LE PENSIONI. Anche per questo – oltre che per rispettare il divieto europeo di discriminare tra i sessi – che il consiglio di ministri ha approvato ieri l’aumento dell’età pensionabile delle donne impiegate nel settore pubblico da 60 a 65 anni. Secondo le prime stime, che ha diffuso ieri il ministro del Welfare Maurizio Sacconi, l’effetto dell’aumento dell’età della pensione di vecchiaia per le statali sarà “di 1,45 miliardi di euro in dieci anni, da oggi al 2019”. Anche qui, però, si rischia l’effetto collaterale: se si alza l’età per le pensioni di vecchiaia, chi ha abbastanza contributi per accedere alla pensione di anzianità (contributiva) può decidere di lasciare il lavoro prima del previsto. E quindi l’effetto netto sugli istituti di previdenza potrebbe essere negativo. I soldi risparmiati sulle pensioni – se risparmi ci saranno – andranno in un fondo per sostenere la famiglia, dice il governo, e non a ridurre il debito.

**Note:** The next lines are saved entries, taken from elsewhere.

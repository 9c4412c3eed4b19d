//! What a child asks of the store.
ghost use Rattle.std.specs.Prelude.{◌≡◌, ◌≤◌, ◌⊎◌, ◌++◌, ◌∷◌, [], ℕ, List, Option, All, IfOk, OnErr};
ghost use Rattle.pm_query.specs.{declared.{book.BookEntry.{BookEntry, TheVariants.Detached}, store.StoreNo.TheVariants.{Disk, NoMemory}}, Calls.{DiskFact, LearnsFront, LearnsReason, PassView, user_of, newcomer, new_pass, with_front, ReachesNoLess, HasReached, IsPast, MetAnother, MetLater, EnterNotes, RunNotes, SeenNotes, FlushNotes, RedoNotes, CheckpointNotes, step_of, StepNotes, LeaveNotes}, Limits.HasShortValues, pm_child_life.Life.IsUntouched};

use crate::book::BookEntry;
use crate::reply::Reply;
use pm_child_life::Seat;
use pm_disk::DiskFault;
use pm_record::RedoFault;
use pm_sql::Script;
use std::alloc::AllocError;
use thiserror::Error;

/// With so many bytes of batches after its base, the log is due for a checkpoint.
pub const CHECKPOINT_BYTES: u64 = 67_108_864;

/// Why the store refused a call.
#[derive(Clone, Copy, Debug, PartialEq, Eq, Error)]
pub enum StoreNo {
    /// The store is in another generation than the caller's: it was found in this one.
    #[error("generation {mine} is over: the store is in generation {found}")]
    Stale { mine: u32, found: u32 },
    /// The disk failed in this call.
    #[error("disk fault")]
    Disk,
    /// The disk failed before, at this tick, and the log wasn't read again since.
    #[error("the commit log broke at tick {since}")]
    Broken { since: u64 },
    #[error("the commit log is full: {need} bytes are needed, and there is room for {room}")]
    Full { need: u64, room: u64 },
    #[error("{0}")]
    Redo(RedoFault),
    #[error("out of memory")]
    NoMemory,
}

impl From<DiskFault> for StoreNo {
    ghost from_gives = { λ _ e. e ≡ Disk };

    fn from(_: DiskFault) -> StoreNo {
        StoreNo::Disk
    }
}

impl From<AllocError> for StoreNo {
    ghost from_gives = { λ _ e. e ≡ NoMemory };

    fn from(_: AllocError) -> StoreNo {
        StoreNo::NoMemory
    }
}

/// What a script that was run gets for a reply, once the log is flushed up to `front`.
#[derive(Debug, Drop)]
pub struct Staged {
    pub reply: Reply,
    pub front: u64,
    /// Whether the script's commit has changes.
    pub wrote: bool,
}

/// Whether a reply may be sent.
#[derive(Clone, Copy, Debug, PartialEq, Eq)]
pub enum Seen {
    Released,
    /// The log is flushed only up to here.
    NotFlushed { flushed: u64 },
}

/// What a checkpoint came to.
#[derive(Clone, Copy, Debug, PartialEq, Eq)]
pub enum Checkpointed {
    /// The log goes on in the other file, in this epoch.
    Done { epoch: u64 },
    /// Redo hasn't ended in this generation, and nothing was written.
    Skipped,
    /// Only so many bytes of batches stand after the log's base, and nothing was written.
    NotDue { behind: u64 },
}

/// What a step of a checkpoint came to.
#[derive(Clone, Copy, Debug, PartialEq, Eq)]
pub enum Stepping {
    /// The checkpoint is under way.
    More,
    /// It was made: the log goes on in the other file, in this epoch.
    Done { epoch: u64 },
    /// Redo hasn't ended in this generation, and nothing was written.
    Skipped,
    /// Only so many bytes of batches stand after the log's base, and nothing was written.
    NotDue { behind: u64 },
}

impl Stepping {
    /// What the one step of a checkpoint is that came to this.
    pub fn of(came: Checkpointed) -> Stepping
        ensures { result ≡ step_of came }
    {
        match came {
            Checkpointed::Done { epoch } => Stepping::Done { epoch },
            Checkpointed::Skipped => Stepping::Skipped,
            Checkpointed::NotDue { behind } => Stepping::NotDue { behind },
        }
    }
}

/// The store, as one child uses it: it enters, runs scripts, waits until what it saw is flushed, and leaves. A child of
/// the server reads the log, flushes commits, or writes checkpoints in place of scripts.
///
/// Each call notes entries in the book. A caller sees those that this store's own calls have noted, in order; what else
/// stands between them, and what the book as a whole keeps, is each store's own.
///
/// After a fault of the disk a store stands broken, and its calls still may be made: those that would write, and `seen`
/// above what is flushed, answer `Broken` and note the same fault again, until the log is read again.
pub trait Store: Seat {
    /// The leave of one child to use the store, from `enter` to `leave`.
    type Pass: Drop;

    /// Between two moments this store's own calls have noted these entries, and no others. A store says here too what its
    /// calls keep, so that who knows the store finds it again after any code that is generic over stores.
    ghost notes: { List BookEntry → Self → Self → Type 0 };

    /// An `enter` of this store answered the pass, which has not left.
    ghost admits: { Self → Self.Pass → Type 0 };

    /// Whose pass it is, and how far it has seen.
    ghost view: { Self.Pass → PassView };

    /// The generation that the store is in. A store that others can bring into the next one between two calls has none.
    ghost stamp: { Self → Option ℕ };

    /// The last generation that its own calls have met it in, whoever brought it there.
    ghost met: { Self → ℕ };

    /// What its own calls have learned of its disk.
    ghost learned: { Self → DiskFact → Type 0 };

    /// Lets a child in, and keeps room for the entry of its leave.
    fn enter(&mut self, pid: u32, generation: u32) -> Result<Self::Pass, StoreNo>
        ensures notes { (entries : List BookEntry) × notes entries self.old self.new
            × EnterNotes (newcomer (stamp self.old) pid generation) result entries }
        ensures admits { IfOk result (λ pass. admits self.new pass) }
        ensures view { IfOk result (λ pass. view pass ≡ new_pass pid generation) }
        ensures stale { MetAnother (met self.new) generation result }
        ensures life { IsUntouched (Self.child self.old) (Self.child self.new) (Self.told self.old)
            (Self.told self.new) };

    /// Runs a script, and stages its commit where it has changes. All memory is taken before that.
    fn run(&mut self, pass: &mut Self::Pass, script: &Script) -> Result<Staged, StoreNo>
        requires { admits self.old pass.old }
        ensures notes { (entries : List BookEntry) × notes entries self.old self.new
            × RunNotes (user_of (stamp self.old) (view pass.old)) script.now result entries }
        ensures admits { admits self.new pass.new }
        ensures fresh { IfOk result (λ staged. ReachesNoLess (view pass.old) staged.front) }
        ensures view { IfOk result (λ staged. view pass.new ≡ with_front staged.front
            (view pass.old)) }
        ensures refused { OnErr result (view pass.new ≡ view pass.old) }
        ensures short { IfOk result (λ staged. All HasShortValues staged.reply) }
        ensures stale { MetLater (met self.new) (view pass.old).generation result }
        ensures life { IsUntouched (Self.child self.old) (Self.child self.new) (Self.told self.old)
            (Self.told self.new) };

    /// Whether the log is flushed up to a front that the pass has reached. Then the answers up to it may be sent, also
    /// where the log is broken.
    fn seen(&mut self, pass: &mut Self::Pass, front: u64) -> Result<Seen, StoreNo>
        requires admits { admits self.old pass.old }
        requires reached { HasReached (view pass.old) front }
        ensures notes { (entries : List BookEntry) × notes entries self.old self.new
            × SeenNotes (user_of (stamp self.old) (view pass.old)) front result entries }
        ensures admits { admits self.new pass.new }
        ensures view { view pass.new ≡ view pass.old }
        ensures stale { MetLater (met self.new) (view pass.old).generation result }
        ensures life { IsUntouched (Self.child self.old) (Self.child self.new) (Self.told self.old)
            (Self.told self.new) };

    /// Writes at most one batch of the staged commits, and answers up to where the log is flushed. With none staged no
    /// device call is made.
    fn flush(&mut self, pass: &mut Self::Pass) -> Result<u64, StoreNo>
        requires { admits self.old pass.old }
        ensures notes { (entries : List BookEntry) × notes entries self.old self.new
            × FlushNotes (user_of (stamp self.old) (view pass.old)) result entries }
        ensures admits { admits self.new pass.new }
        ensures view { view pass.new ≡ view pass.old }
        ensures stale { MetLater (met self.new) (view pass.old).generation result }
        ensures learned { LearnsFront (learned self.new) result }
        ensures life { IsUntouched (Self.child self.old) (Self.child self.new) (Self.told self.old)
            (Self.told self.new) };

    /// Reads the log, and answers how many commits stand. Where it was read in this generation already, it answers that
    /// number again.
    fn redo(&mut self, pass: &mut Self::Pass) -> Result<u64, StoreNo>
        requires { admits self.old pass.old }
        ensures notes { (entries : List BookEntry) × notes entries self.old self.new
            × RedoNotes (user_of (stamp self.old) (view pass.old)) result entries }
        ensures admits { admits self.new pass.new }
        ensures view { view pass.new ≡ view pass.old }
        ensures stale { MetLater (met self.new) (view pass.old).generation result }
        ensures learned { LearnsReason (learned self.new) result }
        ensures life { IsUntouched (Self.child self.old) (Self.child self.new) (Self.told self.old)
            (Self.told self.new) };

    /// Writes all rows as the base of the log's other file, where redo has ended in this generation. A clean one is the
    /// last: no changes are committed after it. Any other is made once so many bytes of batches stand after the base
    /// that the log is due for it.
    fn checkpoint(&mut self, pass: &mut Self::Pass, clean: bool) -> Result<Checkpointed, StoreNo>
        requires { admits self.old pass.old }
        ensures notes { (entries : List BookEntry) × notes entries self.old self.new
            × CheckpointNotes (user_of (stamp self.old) (view pass.old)) clean result entries }
        ensures admits { admits self.new pass.new }
        ensures view { view pass.new ≡ view pass.old }
        ensures stale { MetLater (met self.new) (view pass.old).generation result }
        ensures life { IsUntouched (Self.child self.old) (Self.child self.new) (Self.told self.old)
            (Self.told self.new) };

    /// One step of a checkpoint that isn't the last: it begins one where one is due, or goes on with the one that is under
    /// way. A store whose checkpoint is one call makes it all in one step.
    fn checkpoint_step(&mut self, pass: &mut Self::Pass) -> Result<Stepping, StoreNo>
        requires { admits self.old pass.old }
        ensures notes { (entries : List BookEntry) × notes entries self.old self.new
            × StepNotes (user_of (stamp self.old) (view pass.old)) result entries }
        ensures admits { admits self.new pass.new }
        ensures view { view pass.new ≡ view pass.old }
        ensures stale { MetLater (met self.new) (view pass.old).generation result }
        ensures life { IsUntouched (Self.child self.old) (Self.child self.new) (Self.told self.old)
            (Self.told self.new) }
    {
        Ok(Stepping::of(self.checkpoint(pass, false)?))
    }

    /// Gives up the checkpoint that is under way, if one is. It takes no memory.
    fn checkpoint_drop(&mut self, pass: &mut Self::Pass)
        requires { admits self.old pass.old }
        ensures notes { notes [] self.old self.new }
        ensures admits { admits self.new pass.new }
        ensures view { view pass.new ≡ view pass.old }
        ensures life { IsUntouched (Self.child self.old) (Self.child self.new) (Self.told self.old)
            (Self.told self.new) }
    {}

    /// Lets a child go, and notes that, unless the store has met a later generation. It takes no memory.
    fn leave(&mut self, pass: Self::Pass)
        requires { admits self.old pass }
        ensures notes { (entries : List BookEntry) × notes entries self.old self.new
            × LeaveNotes (user_of (stamp self.old) (view pass)) entries }
        ensures stale { notes (Detached (view pass).pid ∷ []) self.old self.new
            ⊎ IsPast (met self.new) (view pass).generation }
        ensures life { IsUntouched (Self.child self.old) (Self.child self.new) (Self.told self.old)
            (Self.told self.new) };

    /// Where no call is made, nothing is noted.
    ghost at_rest: { (store : Self) → notes [] store store };

    /// Nor in a call of the child's life, which leaves each pass as it is.
    ghost apart: { (before now : Self) → Self.rests before now → notes [] before now };

    ghost admits_still: { (before now : Self) (pass : Self.Pass) → Self.rests before now → admits before pass
        → admits now pass };

    ghost met_still: { (before now : Self) → Self.rests before now → met now ≡ met before };

    /// What is noted later stands after what was noted before.
    ghost in_turn: { (before between now : Self) (first second : List BookEntry)
        → notes first before between → notes second between now → notes (first ++ second) before now };

    /// No call brings the store into another generation.
    ghost stays: { (before now : Self) (entries : List BookEntry) → notes entries before now → stamp now ≡ stamp before };

    /// A generation that it has met is met for good: what is past stays past.
    ghost rises: { (before now : Self) (entries : List BookEntry) → notes entries before now → met before ≤ met now };

    /// Nor is what it has learned forgotten.
    ghost keeps: { (before now : Self) (entries : List BookEntry) → notes entries before now
        → (fact : DiskFact) → learned before fact → learned now fact };
}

Il ministro Renato Brunetta è poi riuscito a far approvare al consiglio dei ministri il tetto a 311mila euro per gli stipendi di alcuni manager pubblici. Ma da due anni il governo annuncia questa misura che poi ha sempre finito per prevedere talmente tante eccezioni da risultare svuotata. Anche in questa versione i dirigenti coinvolti sarebbero meno di 300, nessuno dei quali di primo piano.